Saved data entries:
-------

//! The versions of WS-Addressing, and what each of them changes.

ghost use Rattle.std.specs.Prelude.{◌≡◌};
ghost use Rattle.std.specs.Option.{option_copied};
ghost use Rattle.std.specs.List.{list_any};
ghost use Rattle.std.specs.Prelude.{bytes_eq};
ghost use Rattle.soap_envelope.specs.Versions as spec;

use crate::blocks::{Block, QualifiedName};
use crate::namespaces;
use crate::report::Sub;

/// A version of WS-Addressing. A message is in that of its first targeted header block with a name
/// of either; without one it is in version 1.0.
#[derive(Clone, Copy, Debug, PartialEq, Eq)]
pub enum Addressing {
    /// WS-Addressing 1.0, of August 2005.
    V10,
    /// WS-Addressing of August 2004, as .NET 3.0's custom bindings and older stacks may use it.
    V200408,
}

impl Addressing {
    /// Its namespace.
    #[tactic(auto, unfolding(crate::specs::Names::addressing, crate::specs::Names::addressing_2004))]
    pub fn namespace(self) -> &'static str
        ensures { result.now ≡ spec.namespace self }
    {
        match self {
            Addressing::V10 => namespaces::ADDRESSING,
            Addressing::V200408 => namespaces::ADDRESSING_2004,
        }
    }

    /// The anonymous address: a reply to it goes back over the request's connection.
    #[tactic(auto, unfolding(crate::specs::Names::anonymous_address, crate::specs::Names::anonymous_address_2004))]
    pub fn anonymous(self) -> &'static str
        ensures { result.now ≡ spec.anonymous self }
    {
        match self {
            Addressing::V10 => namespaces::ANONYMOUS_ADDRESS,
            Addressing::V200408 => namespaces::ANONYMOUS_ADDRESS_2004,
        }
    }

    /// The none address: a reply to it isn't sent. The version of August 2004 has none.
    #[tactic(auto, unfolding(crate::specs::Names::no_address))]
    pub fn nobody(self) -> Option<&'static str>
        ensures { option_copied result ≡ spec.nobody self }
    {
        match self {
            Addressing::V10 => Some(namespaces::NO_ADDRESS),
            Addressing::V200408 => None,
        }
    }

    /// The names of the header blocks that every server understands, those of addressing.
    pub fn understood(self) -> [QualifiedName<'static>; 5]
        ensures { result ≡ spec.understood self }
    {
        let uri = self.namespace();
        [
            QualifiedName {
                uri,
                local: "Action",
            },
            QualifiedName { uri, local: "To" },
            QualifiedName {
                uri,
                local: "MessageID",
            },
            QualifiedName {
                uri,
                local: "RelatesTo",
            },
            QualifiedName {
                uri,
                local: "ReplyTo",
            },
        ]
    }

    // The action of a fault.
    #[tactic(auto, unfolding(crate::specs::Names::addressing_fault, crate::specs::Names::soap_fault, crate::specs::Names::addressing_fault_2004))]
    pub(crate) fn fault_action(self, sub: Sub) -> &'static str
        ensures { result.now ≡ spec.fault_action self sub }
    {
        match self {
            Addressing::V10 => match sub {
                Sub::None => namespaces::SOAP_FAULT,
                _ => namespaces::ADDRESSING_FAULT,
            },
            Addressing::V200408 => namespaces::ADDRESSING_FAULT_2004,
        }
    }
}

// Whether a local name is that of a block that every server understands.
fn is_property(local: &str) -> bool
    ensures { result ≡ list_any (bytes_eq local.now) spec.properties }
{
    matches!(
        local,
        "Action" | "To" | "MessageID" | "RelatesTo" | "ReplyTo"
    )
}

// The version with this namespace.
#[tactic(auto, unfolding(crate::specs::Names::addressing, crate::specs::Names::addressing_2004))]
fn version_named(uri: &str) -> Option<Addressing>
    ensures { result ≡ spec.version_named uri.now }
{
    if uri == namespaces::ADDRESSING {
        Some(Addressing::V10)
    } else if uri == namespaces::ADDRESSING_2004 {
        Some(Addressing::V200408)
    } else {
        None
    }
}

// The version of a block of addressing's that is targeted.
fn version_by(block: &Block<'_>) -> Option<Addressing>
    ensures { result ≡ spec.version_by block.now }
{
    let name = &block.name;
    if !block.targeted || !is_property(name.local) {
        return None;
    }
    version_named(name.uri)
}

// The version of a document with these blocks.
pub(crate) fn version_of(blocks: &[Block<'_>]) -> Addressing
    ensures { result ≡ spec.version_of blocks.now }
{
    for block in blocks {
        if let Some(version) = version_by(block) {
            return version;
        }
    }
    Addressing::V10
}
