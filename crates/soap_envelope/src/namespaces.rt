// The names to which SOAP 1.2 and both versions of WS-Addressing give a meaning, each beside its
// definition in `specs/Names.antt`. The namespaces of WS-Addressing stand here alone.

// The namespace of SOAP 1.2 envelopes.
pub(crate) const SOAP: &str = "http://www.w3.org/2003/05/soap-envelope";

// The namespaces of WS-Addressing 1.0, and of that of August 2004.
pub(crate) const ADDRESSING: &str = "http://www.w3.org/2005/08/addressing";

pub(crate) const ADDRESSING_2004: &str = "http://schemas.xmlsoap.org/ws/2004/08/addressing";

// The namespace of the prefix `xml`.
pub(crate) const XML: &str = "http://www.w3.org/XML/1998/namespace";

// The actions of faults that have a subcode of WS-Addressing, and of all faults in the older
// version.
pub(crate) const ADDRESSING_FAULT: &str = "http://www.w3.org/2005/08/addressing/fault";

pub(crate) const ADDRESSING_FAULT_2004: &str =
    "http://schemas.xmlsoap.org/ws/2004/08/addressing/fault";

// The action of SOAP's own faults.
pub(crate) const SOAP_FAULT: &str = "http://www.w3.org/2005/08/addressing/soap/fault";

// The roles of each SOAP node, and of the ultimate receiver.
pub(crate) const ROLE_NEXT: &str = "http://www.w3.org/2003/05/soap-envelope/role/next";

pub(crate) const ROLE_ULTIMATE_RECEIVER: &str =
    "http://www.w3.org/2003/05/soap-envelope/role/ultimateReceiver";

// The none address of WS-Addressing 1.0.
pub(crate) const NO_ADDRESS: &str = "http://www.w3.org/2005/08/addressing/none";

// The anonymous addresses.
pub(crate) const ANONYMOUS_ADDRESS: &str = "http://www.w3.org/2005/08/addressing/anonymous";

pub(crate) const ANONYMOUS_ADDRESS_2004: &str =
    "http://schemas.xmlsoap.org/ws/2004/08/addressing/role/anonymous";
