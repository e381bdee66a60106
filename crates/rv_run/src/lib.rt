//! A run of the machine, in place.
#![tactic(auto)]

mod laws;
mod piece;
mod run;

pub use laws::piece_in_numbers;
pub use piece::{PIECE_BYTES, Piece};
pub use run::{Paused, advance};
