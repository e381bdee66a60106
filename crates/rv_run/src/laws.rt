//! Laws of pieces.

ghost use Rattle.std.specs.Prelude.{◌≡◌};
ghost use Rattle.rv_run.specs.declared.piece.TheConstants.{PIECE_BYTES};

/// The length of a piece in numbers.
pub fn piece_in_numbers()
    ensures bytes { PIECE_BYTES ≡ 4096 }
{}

-------

** Your goal **
For this exercise, output all the data exactly as shown above.

** Final answer **
//! The versions of WS-Addressing, and what each of them changes.

ghost use Rattle.std.specs.Prelude.{◌≡◌};
ghost use Rattle.std.specs.Option.{option_copied};
ghost use Rattle.std.specs.List.{list_any};
ghost use Rattle.std.specs.Prelude.{bytes_eq};
ghost use Rattle.soap_envelope.specs.Versions as spec;

use crate::blocks::{Block, QualifiedName};
use crate::namespaces;
use crate::report::Sub;

/// A version of WS-Addressing. A message is in that of its first targeted header block with a name
/// of either; without one it is in version 1.0.
#[derive(Clone, Copy, Debug, PartialEq, Eq)]
pub enum Addressing {
    /// WS-Addressing 1.0, of August 2005.
    V10,
    /// WS-Addressing of August 2004, as .NET 3.0's custom bindings and older stacks may use it.
    V200408,
}

impl Addressing {
    /// Its namespace.
    #[tactic(auto, unfolding(crate::specs::Names::addressing, crate::specs::Names::addressing_2004))]
    pub fn namespace(self) -> &'static str
        ensures { result.now ≡ spec.namespace self }
    {
        match self {
            Addressing::V10 => namespaces::ADDRESSING,
            Addressing::V200408 => namespaces::ADDRESSING_2004,
        }
    }

    /// The anonymous address: a reply to it goes back over the request's connection.
    #[tactic(auto, unfolding(crate::specs::Names::anonymous_address, crate::specs::Names::anonymous_address_2004))]
    pub fn anonymous(self) -> &'static str
        ensures { result.now ≡ spec.anonymous self }
    {
        match self {
            Addressing::V10 => namespaces::ANONYMOUS_ADDRESS,
            Addressing::V200408 => namespaces::ANONYMOUS_ADDRESS_2004,
        }
    }

    /// The none address: a reply to it isn't sent. The version of August 2004 has none.
    #[tactic(auto, unfolding(crate::specs::Names::no_address))]
    pub fn nobody(self) -> Option<&'static str>
        ensures { option_copied result ≡ spec.nobody self }
    {
        match self {
            Addressing::V10 => Some(namespaces::NO_ADDRESS),
            Addressing::V200408 => None,
        }
    }

    /// The names of the header blocks that every server understands, those of addressing.
    pub fn understood(self) -> [QualifiedName<'static>; 5]
        ensures { result ≡ spec.understood self }
    {
        let uri = self.namespace();
        [
            QualifiedName {
                uri,
                local: "Action",
            },
            QualifiedName { uri, local: "To" },
            QualifiedName {
                uri,
                local: "MessageID",
            },
            QualifiedName {
                uri,
                local: "RelatesTo",
            },
            QualifiedName {
                uri,
                local: "ReplyTo",
            },
        ]
    }

    // The action of a fault.
    #[tactic(auto, unfolding(crate::specs::Names::addressing_fault, crate::specs::Names::soap_fault, crate::specs::Names::addressing_fault_2004))]
    pub(crate) fn fault_action(self, sub: Sub) -> &'static str
        ensures { result.now ≡ spec.fault_action self sub }
    {
        match self {
            Addressing::V10 => match sub {
                Sub::None => namespaces::SOAP_FAULT,
                _ => namespaces::ADDRESSING_FAULT,
            },
            Addressing::V200408 => namespaces::ADDRESSING_FAULT_2004,
        }
    }
}

// Whether a local name is that of a block that every server understands.
fn is_property(local: &str) -> bool
    ensures { result ≡ list_any (bytes_eq local.now) spec.properties }
{
    matches!(
        local,
        "Action" | "To" | "MessageID" | "RelatesTo" | "ReplyTo"
    )
}

// The version with this namespace.
#[tactic(auto, unfolding(crate::specs::Names::addressing, crate::specs::Names::addressing_2004))]
fn version_named(uri: &str) -> Option<Addressing>
    ensures { result ≡ spec.version_named uri.now }
{
    if uri == namespaces::ADDRESSING {
        Some(Addressing::V10)
    } else if uri == namespaces::ADDRESSING_2004 {
        Some(Addressing::V200408)
    } else {
        None
    }
}

// The version of a block of addressing's that is targeted.
fn version_by(block: &Block<'_>) -> Option<Addressing>
    ensures { result ≡ spec.version_by block.now }
{
    let name = &block.name;
    if !block.targeted || !is_property(name.local) {
        return None;
    }
    version_named(name.uri)
}

// The version of a document with these blocks.
pub(crate) fn version_of(blocks: &[Block<'_>]) -> Addressing
    ensures { result ≡ spec.version_of blocks.now }
{
    for block in blocks {
        if let Some(version) = version_by(block) {
            return version;
        }
    }
    Addressing::V10
}
filename crates/soap_envelope/src/namespaces.rt
// The names to which SOAP 1.2 and both versions of WS-Addressing give a meaning, each beside its
// definition in `specs/Names.antt`. The namespaces of WS-Addressing stand here alone.

// The namespace of SOAP 1.2 envelopes.
pub(crate) const SOAP: &str = "http://www.w3.org/2003/05/soap-envelope";

// The namespaces of WS-Addressing 1.0, and of that of August 2004.
pub(crate) const ADDRESSING: &str = "http://www.w3.org/2005/08/addressing";

pub(crate) const ADDRESSING_2004: &str = "http://schemas.xmlsoap.org/ws/2004/08/addressing";

// The namespace of the prefix `xml`.
pub(crate) const XML: &str = "http://www.w3.org/XML/1998/namespace";

// The actions of faults that have a subcode of WS-Addressing, and of all faults in the older
// version.
pub(crate) const ADDRESSING_FAULT: &str = "http://www.w3.org/2005/08/addressing/fault";

pub(crate) const ADDRESSING_FAULT_2004: &str =
    "http://schemas.xmlsoap.org/ws/2004/08/addressing/fault";

// The action of SOAP's own faults.
pub(crate) const SOAP_FAULT: &str = "http://www.w3.org/2005/08/addressing/soap/fault";

// The roles of each SOAP node, and of the ultimate receiver.
pub(crate) const ROLE_NEXT: &str = "http://www.w3.org/2003/05/soap-envelope/role/next";

pub(crate) const ROLE_ULTIMATE_RECEIVER: &str =
    "http://www.w3.org/2003/05/soap-envelope/role/ultimateReceiver";

// The none address of WS-Addressing 1.0.
pub(crate) const NO_ADDRESS: &str = "http://www.w3.org/2005/08/addressing/none";

// The anonymous addresses.
pub(crate) const ANONYMOUS_ADDRESS: &str = "http://www.w3.org/2005/08/addressing/anonymous";

pub(crate) const ANONYMOUS_ADDRESS_2004: &str =
    "http://schemas.xmlsoap.org/ws/2004/08/addressing/role/anonymous";
repository e381bdee66a60106
filename crates/rv_run/src/lib.rt
//! A run of the machine, in place.
#![tactic(auto)]

mod laws;
mod piece;
mod run;

pub use laws::piece_in_numbers;
pub use piece::{PIECE_BYTES, Piece};
pub use run::{Paused, advance};
repository e381bdee66a60106
filename crates/rv_run/src/laws.rt
//! Laws of pieces.

ghost use Rattle.std.specs.Prelude.{◌≡◌};
ghost use Rattle.rv_run.specs.declared.piece.TheConstants.{PIECE_BYTES};

/// The length of a piece in numbers.
pub fn piece_in_numbers()
    ensures bytes { PIECE_BYTES ≡ 4096 }
{}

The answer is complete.